* _Your assignment_
Exact reproduction is needed for the lines from the one with "fn lower(places: &Places, lowest: usize, key: EntryKey)" to the end of the listing below, and for no other lines.

....

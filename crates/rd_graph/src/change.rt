//! What a merge changes in a graph.
use rd_keys::EntryKey;

/// A change of a graph: nodes go, and a chain of names comes.
#[derive(Clone, Copy)]
pub struct Change<'a> {
    /// The places of the nodes that go, in rising order.
    pub removed: &'a [usize],
    /// The names of the chain, each once.
    pub chain: &'a [EntryKey],
    /// Where each name of the chain stands in the graph, if it is there.
    pub old_places: &'a [Option<usize>],
}
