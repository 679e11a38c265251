//! A climb from the predecessors of a node along theirs, which finds the ones that others imply.
ghost use Rattle.std.specs.Prelude.{◌≡◌, ◌<◌, IfOk, OnOk, Some, length};
ghost use Rattle.rd_graph.specs.Graphs.{nodes as nodes_of};
ghost use Rattle.rd_graph.specs.Names.{place_of, same_entry};
ghost use Rattle.rd_graph.specs.Internal.Seen.{seen};
ghost use Rattle.rd_graph.specs.Internal.Thinning.{AreImplied, AddsOf, AddsBefore, MayAdd};

use crate::before::{Name, Predecessors, copied, is_among, nothing, push};
use crate::graph::Node;
use crate::places::Places;
use rd_keys::EntryKey;
use std::alloc::{AllocError, Global};

/// How many nodes a climb looks at. What it has not found by then stays.
const STEPS: usize = 64;

/// The names that a climb has still to go on from, in their order, and those of its list that it found.
#[derive(Drop)]
struct Climb {
    left: Predecessors,
    found: Predecessors,
}

/// Puts a name at the end of those that are found, if it is in a list, or else of those that are still looked at.
fn sort_one(list: &[Name], key: EntryKey, climb: &mut Climb) -> Result<(), AllocError>
    ensures left { OnOk result (MayAdd key climb.old.left.items climb.new.left.items) }
    ensures found { OnOk result (MayAdd key climb.old.found.items climb.new.found.items) }
{
    if is_among(list, key) {
        push(&mut climb.found, key)?;
        return Ok(());
    }
    push(&mut climb.left, key)?;
    Ok(())
}

/// The same for the predecessors of a node.
fn sort_out(list: &[Name], before: &[Name], climb: &mut Climb) -> Result<(), AllocError>
    ensures left { OnOk result (AddsOf before.now climb.old.left.items climb.new.left.items) }
    ensures found { OnOk result (AddsOf before.now climb.old.found.items climb.new.found.items) }
{
    for key in before {
        sort_one(list, key.key, climb)?;
    }
    Ok(())
}

/// Goes on from the name at a place to the predecessors of its node.
fn go_on_at(
    nodes: &[Node],
    list: &[Name],
    key: EntryKey,
    place: usize,
    climb: &mut Climb,
) -> Result<(), AllocError>
    requires within { place < length nodes.now }
    requires named { Some place ≡ place_of same_entry (nodes_of (seen nodes.now)) key }
    ensures left { OnOk result (AddsBefore (seen nodes.now) key climb.old.left.items climb.new.left.items) }
    ensures found { OnOk result (AddsBefore (seen nodes.now) key climb.old.found.items climb.new.found.items) }
{
    let node = &nodes[place];
    sort_out(list, &node.before, climb)?;
    Ok(())
}

/// Goes on from a name to the predecessors of its node, if it stands after the lowest place.
fn go_on(
    nodes: &[Node],
    places: &Places,
    list: &[Name],
    lowest: usize,
    key: EntryKey,
    climb: &mut Climb,
) -> Result<(), AllocError>
    requires { places.now ≡ nodes_of (seen nodes.now) }
    ensures left { OnOk result (AddsBefore (seen nodes.now) key climb.old.left.items climb.new.left.items) }
    ensures found { OnOk result (AddsBefore (seen nodes.now) key climb.old.found.items climb.new.found.items) }
{
    match places.find(key) {
        Some(place) => {
            if place <= lowest {
                return Ok(());
            }
            go_on_at(nodes, list, key, place, climb)?;
            Ok(())
        }
        None => Ok(()),
    }
}

/// The lower of a place and that of a name, if it has one.
fn lower(places: &Places, lowest: usize, key: EntryKey) -> usize {
    match places.find(key) {
        Some(place) => lowest.min(place),
        None => lowest,
    }
}

/// The lowest place of these names, or the given one. A climb need not go below it.
fn lowest_of(places: &Places, end: usize, list: &[Name]) -> usize {
    let mut lowest = end;
    for key in list {
        lowest = lower(places, lowest, key.key);
    }
    lowest
}

/// Of a list of predecessors those that a climb from all of them finds: each reaches another one of the list.
pub(crate) fn implied(
    alloc: Global,
    nodes: &[Node],
    places: &Places,
    list: &[Name],
) -> Result<Predecessors, AllocError>
    requires { places.now ≡ nodes_of (seen nodes.now) }
    ensures { IfOk result (λ v. AreImplied (seen nodes.now) list.now v.items) }
{
    let lowest = lowest_of(places, nodes.len(), list);
    let left = copied(alloc, list)?;
    let found = nothing(alloc);
    let mut climb = Climb { left, found };
    for step in 0..STEPS {
        if climb.left.len() <= step {
            return Ok(climb.found);
        }
        if list.len().saturating_sub(climb.found.len()) <= 1 {
            return Ok(climb.found);
        }
        let name = climb.left[step];
        go_on(nodes, places, list, lowest, name.key, &mut climb)?;
    }
    Ok(climb.found)
}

....

* _Answer area_
fn lower(places: &Places, lowest: usize, key: EntryKey) -> usize {
    match places.find(key) {
        Some(place) => lowest.min(place),
        None => lowest,
    }
}

/// The lowest place of these names, or the given one. A climb need not go below it.
fn lowest_of(places: &Places, end: usize, list: &[Name]) -> usize {
    let mut lowest = end;
    for key in list {
        lowest = lower(places, lowest, key.key);
    }
    lowest
}

/// Of a list of predecessors those that a climb from all of them finds: each reaches another one of the list.
pub(crate) fn implied(
    alloc: Global,
    nodes: &[Node],
    places: &Places,
    list: &[Name],
) -> Result<Predecessors, AllocError>
    requires { places.now ≡ nodes_of (seen nodes.now) }
    ensures { IfOk result (λ v. AreImplied (seen nodes.now) list.now v.items) }
{
    let lowest = lowest_of(places, nodes.len(), list);
    let left = copied(alloc, list)?;
    let found = nothing(alloc);
    let mut climb = Climb { left, found };
    for step in 0..STEPS {
        if climb.left.len() <= step {
            return Ok(climb.found);
        }
        if list.len().saturating_sub(climb.found.len()) <= 1 {
            return Ok(climb.found);
        }
        let name = climb.left[step];
        go_on(nodes, places, list, lowest, name.key, &mut climb)?;
    }
    Ok(climb.found)
}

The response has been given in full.